Stored items:
▬▬▬

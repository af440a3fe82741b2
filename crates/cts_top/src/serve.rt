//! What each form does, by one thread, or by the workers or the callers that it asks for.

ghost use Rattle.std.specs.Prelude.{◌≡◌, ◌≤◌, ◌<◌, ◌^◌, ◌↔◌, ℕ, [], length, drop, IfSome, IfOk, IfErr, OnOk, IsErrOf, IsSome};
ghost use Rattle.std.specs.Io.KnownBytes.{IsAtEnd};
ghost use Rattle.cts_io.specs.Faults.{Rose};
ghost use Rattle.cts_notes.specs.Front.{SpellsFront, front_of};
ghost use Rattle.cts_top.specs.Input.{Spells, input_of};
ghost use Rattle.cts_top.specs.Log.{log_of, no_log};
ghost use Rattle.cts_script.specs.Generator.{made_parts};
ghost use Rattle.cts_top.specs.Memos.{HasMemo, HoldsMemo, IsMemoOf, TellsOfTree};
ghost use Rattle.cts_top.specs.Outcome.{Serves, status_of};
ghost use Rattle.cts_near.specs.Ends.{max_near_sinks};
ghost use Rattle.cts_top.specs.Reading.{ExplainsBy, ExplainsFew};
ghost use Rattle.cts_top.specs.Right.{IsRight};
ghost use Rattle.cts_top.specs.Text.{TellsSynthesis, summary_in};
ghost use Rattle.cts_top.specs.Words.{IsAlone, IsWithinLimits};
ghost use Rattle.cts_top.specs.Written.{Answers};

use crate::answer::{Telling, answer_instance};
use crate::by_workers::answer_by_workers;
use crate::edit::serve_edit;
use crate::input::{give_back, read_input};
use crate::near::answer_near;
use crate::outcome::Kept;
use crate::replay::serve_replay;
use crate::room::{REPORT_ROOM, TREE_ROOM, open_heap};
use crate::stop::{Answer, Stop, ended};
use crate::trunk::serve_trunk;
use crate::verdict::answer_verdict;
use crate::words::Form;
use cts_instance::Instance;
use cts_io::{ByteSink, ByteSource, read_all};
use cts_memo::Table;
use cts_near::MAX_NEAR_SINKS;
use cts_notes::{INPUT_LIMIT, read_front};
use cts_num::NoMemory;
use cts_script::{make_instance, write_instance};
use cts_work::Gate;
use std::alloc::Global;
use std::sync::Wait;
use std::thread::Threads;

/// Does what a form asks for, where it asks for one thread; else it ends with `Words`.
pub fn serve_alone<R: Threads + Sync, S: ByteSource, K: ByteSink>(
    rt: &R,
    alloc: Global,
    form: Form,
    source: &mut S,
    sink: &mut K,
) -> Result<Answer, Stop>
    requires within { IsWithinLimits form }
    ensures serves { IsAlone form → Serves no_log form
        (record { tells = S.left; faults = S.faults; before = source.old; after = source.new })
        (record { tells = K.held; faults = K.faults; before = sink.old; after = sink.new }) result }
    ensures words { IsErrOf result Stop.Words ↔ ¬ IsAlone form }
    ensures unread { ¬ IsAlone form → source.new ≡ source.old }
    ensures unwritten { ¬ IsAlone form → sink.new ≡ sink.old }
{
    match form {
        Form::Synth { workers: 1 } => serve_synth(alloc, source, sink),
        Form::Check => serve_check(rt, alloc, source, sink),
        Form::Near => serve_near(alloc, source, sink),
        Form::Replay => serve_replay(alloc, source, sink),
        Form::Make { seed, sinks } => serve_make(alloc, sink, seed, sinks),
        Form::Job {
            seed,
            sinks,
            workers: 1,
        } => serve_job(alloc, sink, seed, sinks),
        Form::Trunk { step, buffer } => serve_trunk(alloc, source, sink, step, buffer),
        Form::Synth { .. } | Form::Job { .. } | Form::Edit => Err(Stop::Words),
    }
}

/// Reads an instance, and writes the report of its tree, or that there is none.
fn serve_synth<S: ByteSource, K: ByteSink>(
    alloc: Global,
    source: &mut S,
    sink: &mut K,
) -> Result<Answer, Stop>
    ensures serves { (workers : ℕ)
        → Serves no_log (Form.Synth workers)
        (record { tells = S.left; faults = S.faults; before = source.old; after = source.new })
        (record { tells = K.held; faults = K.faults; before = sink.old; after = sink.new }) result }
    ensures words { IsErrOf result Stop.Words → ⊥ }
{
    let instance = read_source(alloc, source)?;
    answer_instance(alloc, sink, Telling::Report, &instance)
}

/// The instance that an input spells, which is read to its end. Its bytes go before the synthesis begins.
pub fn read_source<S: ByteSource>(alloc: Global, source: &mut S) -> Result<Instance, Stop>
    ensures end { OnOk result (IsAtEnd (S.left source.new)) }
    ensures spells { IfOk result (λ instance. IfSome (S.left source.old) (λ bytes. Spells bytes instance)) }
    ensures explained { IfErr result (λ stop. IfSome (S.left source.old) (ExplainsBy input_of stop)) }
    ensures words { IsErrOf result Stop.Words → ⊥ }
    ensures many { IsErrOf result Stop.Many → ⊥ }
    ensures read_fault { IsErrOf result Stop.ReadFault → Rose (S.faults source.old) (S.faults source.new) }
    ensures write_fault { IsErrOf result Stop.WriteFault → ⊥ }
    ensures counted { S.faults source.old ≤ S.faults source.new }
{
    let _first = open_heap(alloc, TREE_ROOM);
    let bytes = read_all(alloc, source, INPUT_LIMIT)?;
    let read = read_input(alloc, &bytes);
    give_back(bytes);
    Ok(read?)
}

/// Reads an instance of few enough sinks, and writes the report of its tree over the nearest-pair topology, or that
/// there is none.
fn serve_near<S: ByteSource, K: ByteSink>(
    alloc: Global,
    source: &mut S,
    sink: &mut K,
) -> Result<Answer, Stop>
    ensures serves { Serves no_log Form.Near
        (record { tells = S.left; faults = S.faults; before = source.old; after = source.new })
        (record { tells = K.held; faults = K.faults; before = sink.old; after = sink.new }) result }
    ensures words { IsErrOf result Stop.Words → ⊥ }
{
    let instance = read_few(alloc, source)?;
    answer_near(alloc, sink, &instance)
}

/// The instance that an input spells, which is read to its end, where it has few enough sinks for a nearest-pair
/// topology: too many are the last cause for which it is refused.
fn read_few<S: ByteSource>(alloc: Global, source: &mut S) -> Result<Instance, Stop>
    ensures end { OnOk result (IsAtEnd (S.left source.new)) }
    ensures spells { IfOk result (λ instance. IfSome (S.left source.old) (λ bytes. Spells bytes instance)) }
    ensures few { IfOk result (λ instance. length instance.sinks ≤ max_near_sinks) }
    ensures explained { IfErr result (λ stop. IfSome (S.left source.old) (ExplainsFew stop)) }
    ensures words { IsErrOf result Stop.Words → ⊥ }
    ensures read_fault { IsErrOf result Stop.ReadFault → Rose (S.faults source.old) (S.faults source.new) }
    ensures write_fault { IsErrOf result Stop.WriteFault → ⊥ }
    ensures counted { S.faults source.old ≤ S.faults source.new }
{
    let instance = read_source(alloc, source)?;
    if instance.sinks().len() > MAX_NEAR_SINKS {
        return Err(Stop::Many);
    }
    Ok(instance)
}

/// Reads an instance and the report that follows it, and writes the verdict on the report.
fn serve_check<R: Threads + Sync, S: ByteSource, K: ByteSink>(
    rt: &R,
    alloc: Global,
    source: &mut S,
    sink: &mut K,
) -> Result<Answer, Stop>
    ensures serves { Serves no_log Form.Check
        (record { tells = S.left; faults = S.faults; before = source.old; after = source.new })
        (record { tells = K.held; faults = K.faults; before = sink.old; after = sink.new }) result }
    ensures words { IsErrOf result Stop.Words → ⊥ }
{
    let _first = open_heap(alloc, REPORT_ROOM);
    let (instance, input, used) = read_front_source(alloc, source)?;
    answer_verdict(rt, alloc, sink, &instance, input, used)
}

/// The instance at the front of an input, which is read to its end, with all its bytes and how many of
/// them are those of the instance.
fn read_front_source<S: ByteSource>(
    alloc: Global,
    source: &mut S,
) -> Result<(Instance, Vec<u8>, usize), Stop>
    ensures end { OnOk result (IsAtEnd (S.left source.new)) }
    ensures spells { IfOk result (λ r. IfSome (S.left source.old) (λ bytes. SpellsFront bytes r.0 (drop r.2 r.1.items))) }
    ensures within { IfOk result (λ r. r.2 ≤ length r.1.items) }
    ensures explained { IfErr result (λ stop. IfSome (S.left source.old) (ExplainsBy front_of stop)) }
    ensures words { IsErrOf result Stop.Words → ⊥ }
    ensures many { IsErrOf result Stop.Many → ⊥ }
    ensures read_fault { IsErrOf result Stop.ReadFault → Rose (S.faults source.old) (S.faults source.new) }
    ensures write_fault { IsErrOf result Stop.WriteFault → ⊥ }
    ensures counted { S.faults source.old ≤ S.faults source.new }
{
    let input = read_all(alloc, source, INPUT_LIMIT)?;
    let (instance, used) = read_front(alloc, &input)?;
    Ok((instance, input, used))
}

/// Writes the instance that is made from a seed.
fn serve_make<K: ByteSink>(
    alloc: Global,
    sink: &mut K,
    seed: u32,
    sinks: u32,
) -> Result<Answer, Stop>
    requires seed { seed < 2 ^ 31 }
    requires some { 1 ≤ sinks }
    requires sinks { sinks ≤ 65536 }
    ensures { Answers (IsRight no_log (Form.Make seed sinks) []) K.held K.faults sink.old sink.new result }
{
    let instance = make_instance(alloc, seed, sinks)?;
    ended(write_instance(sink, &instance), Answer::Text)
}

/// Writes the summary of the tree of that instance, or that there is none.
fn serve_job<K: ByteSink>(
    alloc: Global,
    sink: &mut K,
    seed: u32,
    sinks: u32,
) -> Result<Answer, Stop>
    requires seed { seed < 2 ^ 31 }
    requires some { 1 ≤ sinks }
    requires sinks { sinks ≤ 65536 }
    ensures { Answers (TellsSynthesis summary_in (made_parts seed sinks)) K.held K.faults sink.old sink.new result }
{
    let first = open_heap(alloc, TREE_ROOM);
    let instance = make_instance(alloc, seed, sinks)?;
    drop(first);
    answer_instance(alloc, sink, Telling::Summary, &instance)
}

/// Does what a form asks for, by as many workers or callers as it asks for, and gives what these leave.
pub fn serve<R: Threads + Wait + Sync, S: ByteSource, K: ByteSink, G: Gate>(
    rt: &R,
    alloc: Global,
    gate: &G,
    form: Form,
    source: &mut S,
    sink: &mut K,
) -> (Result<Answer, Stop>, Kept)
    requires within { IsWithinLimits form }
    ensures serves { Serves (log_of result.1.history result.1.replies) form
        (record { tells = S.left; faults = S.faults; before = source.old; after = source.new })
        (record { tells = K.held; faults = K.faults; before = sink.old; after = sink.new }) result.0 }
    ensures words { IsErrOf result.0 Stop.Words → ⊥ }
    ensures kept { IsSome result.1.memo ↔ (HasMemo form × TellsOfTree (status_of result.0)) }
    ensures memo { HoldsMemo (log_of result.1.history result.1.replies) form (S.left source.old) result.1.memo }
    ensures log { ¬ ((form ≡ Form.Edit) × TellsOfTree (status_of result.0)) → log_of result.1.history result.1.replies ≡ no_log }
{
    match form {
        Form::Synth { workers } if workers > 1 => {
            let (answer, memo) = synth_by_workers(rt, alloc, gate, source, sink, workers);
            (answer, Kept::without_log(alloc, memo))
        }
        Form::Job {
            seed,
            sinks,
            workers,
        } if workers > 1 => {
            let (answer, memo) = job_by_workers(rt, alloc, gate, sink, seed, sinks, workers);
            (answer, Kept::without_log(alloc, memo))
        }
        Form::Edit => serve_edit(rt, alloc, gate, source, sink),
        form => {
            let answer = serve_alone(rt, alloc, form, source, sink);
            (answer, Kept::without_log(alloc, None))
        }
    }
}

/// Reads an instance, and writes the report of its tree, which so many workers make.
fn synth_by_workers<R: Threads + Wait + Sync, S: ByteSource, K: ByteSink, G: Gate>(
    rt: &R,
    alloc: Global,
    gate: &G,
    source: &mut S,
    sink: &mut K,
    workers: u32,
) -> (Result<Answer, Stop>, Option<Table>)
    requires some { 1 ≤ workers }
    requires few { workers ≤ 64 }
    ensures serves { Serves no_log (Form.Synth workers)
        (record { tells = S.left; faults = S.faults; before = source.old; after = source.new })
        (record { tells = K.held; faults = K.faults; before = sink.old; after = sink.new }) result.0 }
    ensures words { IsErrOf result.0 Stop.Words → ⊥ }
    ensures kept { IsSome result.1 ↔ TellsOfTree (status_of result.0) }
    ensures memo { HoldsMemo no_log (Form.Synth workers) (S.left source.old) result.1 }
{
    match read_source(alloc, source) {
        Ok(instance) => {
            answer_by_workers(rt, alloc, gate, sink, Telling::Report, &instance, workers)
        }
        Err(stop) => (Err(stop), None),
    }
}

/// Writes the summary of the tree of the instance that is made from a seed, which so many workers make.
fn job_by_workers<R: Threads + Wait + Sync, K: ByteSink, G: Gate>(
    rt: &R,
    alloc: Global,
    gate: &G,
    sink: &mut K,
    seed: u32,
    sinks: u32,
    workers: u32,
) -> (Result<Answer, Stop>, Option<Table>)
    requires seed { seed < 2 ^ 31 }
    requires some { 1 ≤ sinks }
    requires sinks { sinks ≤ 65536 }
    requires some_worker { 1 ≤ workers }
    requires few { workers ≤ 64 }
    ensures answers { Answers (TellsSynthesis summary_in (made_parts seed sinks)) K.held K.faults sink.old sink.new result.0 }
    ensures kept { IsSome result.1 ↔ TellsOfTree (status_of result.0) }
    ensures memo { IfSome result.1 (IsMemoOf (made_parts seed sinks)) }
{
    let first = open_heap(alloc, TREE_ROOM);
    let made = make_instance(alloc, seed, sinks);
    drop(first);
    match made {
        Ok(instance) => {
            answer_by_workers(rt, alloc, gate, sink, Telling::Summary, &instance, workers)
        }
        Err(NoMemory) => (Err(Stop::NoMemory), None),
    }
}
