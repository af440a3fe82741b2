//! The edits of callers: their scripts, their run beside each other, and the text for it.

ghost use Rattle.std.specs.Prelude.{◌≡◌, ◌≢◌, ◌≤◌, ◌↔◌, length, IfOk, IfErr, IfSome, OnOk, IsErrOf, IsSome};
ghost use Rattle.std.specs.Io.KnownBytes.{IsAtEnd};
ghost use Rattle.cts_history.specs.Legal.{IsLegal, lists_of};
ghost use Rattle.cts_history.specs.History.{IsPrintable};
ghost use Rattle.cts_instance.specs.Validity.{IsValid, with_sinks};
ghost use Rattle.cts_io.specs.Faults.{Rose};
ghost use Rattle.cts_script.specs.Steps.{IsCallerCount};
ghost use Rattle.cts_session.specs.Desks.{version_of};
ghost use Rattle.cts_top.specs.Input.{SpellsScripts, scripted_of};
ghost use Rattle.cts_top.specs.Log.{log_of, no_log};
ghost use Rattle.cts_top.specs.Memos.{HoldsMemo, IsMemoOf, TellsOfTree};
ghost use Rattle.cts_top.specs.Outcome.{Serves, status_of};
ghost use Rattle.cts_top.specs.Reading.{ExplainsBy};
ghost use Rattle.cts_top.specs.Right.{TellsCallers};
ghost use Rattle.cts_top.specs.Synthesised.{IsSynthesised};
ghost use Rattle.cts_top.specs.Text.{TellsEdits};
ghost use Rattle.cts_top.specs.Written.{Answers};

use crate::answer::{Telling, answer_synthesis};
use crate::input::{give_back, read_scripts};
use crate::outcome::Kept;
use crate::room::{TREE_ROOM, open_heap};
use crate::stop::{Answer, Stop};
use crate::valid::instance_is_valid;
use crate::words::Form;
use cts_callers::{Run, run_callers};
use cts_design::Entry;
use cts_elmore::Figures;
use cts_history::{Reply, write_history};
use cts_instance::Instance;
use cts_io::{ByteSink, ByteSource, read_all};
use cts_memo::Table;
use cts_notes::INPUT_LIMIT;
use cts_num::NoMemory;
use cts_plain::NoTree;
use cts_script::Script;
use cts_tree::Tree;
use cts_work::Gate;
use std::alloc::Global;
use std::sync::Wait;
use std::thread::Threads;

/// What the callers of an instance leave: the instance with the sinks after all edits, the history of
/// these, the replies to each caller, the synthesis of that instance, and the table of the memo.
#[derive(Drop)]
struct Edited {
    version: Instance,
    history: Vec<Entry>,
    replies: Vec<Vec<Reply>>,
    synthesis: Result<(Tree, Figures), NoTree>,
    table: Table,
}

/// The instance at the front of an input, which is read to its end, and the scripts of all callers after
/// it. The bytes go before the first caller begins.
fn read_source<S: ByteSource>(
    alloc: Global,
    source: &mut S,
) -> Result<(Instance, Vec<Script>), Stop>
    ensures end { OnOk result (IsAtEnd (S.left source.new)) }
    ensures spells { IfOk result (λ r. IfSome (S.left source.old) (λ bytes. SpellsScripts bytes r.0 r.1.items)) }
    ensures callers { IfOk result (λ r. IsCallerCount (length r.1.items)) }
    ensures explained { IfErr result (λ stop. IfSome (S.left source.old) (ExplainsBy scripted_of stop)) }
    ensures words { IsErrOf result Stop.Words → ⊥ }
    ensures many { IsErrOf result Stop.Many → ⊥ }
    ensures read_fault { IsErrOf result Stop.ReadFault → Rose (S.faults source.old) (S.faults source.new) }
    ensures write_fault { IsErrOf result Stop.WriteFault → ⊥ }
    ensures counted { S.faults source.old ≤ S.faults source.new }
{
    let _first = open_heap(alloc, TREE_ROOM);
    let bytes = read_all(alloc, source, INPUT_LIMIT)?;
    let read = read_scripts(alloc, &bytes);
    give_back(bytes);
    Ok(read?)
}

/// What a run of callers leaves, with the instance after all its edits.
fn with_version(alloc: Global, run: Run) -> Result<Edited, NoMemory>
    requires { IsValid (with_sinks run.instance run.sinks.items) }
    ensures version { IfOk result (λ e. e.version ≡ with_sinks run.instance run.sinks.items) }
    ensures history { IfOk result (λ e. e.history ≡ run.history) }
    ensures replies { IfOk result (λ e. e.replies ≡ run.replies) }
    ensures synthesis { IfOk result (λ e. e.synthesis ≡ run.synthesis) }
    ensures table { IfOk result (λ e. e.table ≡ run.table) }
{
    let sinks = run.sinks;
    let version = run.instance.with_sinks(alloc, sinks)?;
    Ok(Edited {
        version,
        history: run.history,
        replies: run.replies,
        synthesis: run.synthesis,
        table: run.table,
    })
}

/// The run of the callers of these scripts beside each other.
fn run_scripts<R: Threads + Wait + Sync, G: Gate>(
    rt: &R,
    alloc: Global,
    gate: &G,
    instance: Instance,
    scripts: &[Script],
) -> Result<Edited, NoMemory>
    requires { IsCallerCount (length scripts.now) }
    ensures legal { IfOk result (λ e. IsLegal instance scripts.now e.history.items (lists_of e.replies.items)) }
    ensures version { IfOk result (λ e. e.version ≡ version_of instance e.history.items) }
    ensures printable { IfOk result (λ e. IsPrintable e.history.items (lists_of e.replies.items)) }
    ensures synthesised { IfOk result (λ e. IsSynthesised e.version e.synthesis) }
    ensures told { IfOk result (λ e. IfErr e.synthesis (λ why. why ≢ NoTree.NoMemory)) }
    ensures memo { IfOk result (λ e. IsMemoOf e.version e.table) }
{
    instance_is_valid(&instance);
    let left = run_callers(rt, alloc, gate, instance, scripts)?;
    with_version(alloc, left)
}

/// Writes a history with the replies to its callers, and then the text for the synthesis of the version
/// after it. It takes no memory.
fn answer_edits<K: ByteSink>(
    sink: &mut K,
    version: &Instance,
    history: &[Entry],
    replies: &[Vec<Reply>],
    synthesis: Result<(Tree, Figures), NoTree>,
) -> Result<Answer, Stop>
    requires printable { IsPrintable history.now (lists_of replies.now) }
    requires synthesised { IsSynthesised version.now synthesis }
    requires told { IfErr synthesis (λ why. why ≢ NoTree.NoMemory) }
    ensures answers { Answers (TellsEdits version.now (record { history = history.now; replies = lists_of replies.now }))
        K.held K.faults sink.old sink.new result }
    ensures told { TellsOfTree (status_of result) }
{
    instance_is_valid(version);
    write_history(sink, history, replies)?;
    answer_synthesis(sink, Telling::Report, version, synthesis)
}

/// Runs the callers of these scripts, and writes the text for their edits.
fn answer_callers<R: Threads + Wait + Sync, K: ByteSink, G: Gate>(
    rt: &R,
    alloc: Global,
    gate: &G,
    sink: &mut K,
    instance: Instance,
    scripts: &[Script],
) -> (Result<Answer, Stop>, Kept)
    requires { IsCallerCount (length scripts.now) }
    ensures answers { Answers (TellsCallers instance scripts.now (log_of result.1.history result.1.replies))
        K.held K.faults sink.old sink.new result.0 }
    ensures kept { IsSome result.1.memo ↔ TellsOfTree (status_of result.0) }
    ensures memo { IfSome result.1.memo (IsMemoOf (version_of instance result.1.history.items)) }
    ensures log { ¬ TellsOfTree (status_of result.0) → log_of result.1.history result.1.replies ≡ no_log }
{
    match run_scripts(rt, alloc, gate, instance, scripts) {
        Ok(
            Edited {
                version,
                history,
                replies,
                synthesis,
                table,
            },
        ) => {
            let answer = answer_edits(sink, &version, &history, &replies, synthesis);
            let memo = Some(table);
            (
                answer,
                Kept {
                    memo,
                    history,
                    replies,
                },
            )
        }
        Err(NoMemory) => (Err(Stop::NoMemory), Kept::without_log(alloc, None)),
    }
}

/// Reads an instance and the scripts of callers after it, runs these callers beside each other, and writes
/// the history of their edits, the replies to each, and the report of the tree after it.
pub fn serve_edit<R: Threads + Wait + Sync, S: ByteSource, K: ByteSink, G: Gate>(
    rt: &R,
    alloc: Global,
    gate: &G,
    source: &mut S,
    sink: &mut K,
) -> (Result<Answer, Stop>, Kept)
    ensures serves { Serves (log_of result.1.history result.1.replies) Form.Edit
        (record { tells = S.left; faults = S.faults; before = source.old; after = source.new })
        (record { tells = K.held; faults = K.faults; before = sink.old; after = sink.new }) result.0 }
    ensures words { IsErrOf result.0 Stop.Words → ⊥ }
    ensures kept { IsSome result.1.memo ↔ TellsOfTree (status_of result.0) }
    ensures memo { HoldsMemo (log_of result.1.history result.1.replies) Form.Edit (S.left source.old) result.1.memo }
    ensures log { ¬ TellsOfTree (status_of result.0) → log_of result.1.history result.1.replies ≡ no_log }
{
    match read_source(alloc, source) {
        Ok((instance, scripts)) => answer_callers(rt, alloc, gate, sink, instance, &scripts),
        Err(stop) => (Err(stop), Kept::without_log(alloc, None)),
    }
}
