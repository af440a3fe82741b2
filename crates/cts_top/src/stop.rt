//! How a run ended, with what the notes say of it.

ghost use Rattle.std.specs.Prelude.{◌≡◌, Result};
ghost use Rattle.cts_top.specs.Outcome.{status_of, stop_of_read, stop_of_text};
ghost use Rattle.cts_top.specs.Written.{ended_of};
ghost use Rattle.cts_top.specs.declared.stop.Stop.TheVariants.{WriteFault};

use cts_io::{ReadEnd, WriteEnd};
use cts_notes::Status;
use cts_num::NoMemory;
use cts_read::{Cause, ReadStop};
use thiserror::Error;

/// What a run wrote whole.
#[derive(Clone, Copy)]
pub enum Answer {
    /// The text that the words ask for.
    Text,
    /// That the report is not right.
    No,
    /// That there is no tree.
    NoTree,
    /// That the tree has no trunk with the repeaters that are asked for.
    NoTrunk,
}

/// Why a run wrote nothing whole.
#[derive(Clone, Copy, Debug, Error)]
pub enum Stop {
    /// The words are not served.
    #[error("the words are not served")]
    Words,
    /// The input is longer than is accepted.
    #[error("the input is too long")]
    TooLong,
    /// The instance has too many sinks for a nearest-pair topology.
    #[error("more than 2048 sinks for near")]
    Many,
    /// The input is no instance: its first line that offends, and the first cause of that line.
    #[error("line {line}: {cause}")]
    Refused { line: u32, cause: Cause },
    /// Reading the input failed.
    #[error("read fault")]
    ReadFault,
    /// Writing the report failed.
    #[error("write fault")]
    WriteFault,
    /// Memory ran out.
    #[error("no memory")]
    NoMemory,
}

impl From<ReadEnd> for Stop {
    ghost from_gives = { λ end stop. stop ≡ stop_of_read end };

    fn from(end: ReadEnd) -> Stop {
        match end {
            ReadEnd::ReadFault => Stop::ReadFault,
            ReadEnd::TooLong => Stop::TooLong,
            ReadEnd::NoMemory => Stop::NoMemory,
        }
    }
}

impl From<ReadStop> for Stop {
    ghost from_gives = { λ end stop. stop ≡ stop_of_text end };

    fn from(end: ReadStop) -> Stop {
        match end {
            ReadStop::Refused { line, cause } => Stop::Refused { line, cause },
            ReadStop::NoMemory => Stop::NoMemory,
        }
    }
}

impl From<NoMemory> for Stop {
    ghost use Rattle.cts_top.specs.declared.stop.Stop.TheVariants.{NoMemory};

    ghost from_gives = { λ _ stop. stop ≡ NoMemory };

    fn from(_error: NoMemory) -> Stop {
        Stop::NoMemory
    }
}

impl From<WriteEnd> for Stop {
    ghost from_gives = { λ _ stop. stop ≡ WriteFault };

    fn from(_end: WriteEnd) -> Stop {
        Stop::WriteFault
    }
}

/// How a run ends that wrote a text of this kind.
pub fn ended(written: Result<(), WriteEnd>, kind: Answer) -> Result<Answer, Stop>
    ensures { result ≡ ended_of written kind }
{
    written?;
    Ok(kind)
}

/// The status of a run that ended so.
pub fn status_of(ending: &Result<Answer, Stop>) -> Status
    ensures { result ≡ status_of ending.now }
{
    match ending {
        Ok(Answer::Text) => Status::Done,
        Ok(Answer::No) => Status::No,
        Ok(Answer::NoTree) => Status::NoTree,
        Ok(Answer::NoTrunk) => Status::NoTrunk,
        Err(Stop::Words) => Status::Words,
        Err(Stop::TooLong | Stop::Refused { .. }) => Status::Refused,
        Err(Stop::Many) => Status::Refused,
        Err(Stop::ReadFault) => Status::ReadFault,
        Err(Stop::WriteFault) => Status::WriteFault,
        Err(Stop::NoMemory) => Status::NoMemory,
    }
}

▬▬▬

> Assignment
Only the lines containing the word "IsSome" should be returned from the data above.

> Result of this task
ghost use Rattle.std.specs.Prelude.{◌≡◌, ◌≤◌, ◌<◌, ◌^◌, ◌↔◌, ℕ, [], length, drop, IfSome, IfOk, IfErr, OnOk, IsErrOf, IsSome};
    ensures kept { IsSome result.1.memo ↔ (HasMemo form × TellsOfTree (status_of result.0)) }
    ensures kept { IsSome result.1 ↔ TellsOfTree (status_of result.0) }
    ensures kept { IsSome result.1 ↔ TellsOfTree (status_of result.0) }
ghost use Rattle.std.specs.Prelude.{◌≡◌, ◌≢◌, ◌≤◌, ◌↔◌, length, IfOk, IfErr, IfSome, OnOk, IsErrOf, IsSome};
    ensures kept { IsSome result.1.memo ↔ TellsOfTree (status_of result.0) }
    ensures kept { IsSome result.1.memo ↔ TellsOfTree (status_of result.0) }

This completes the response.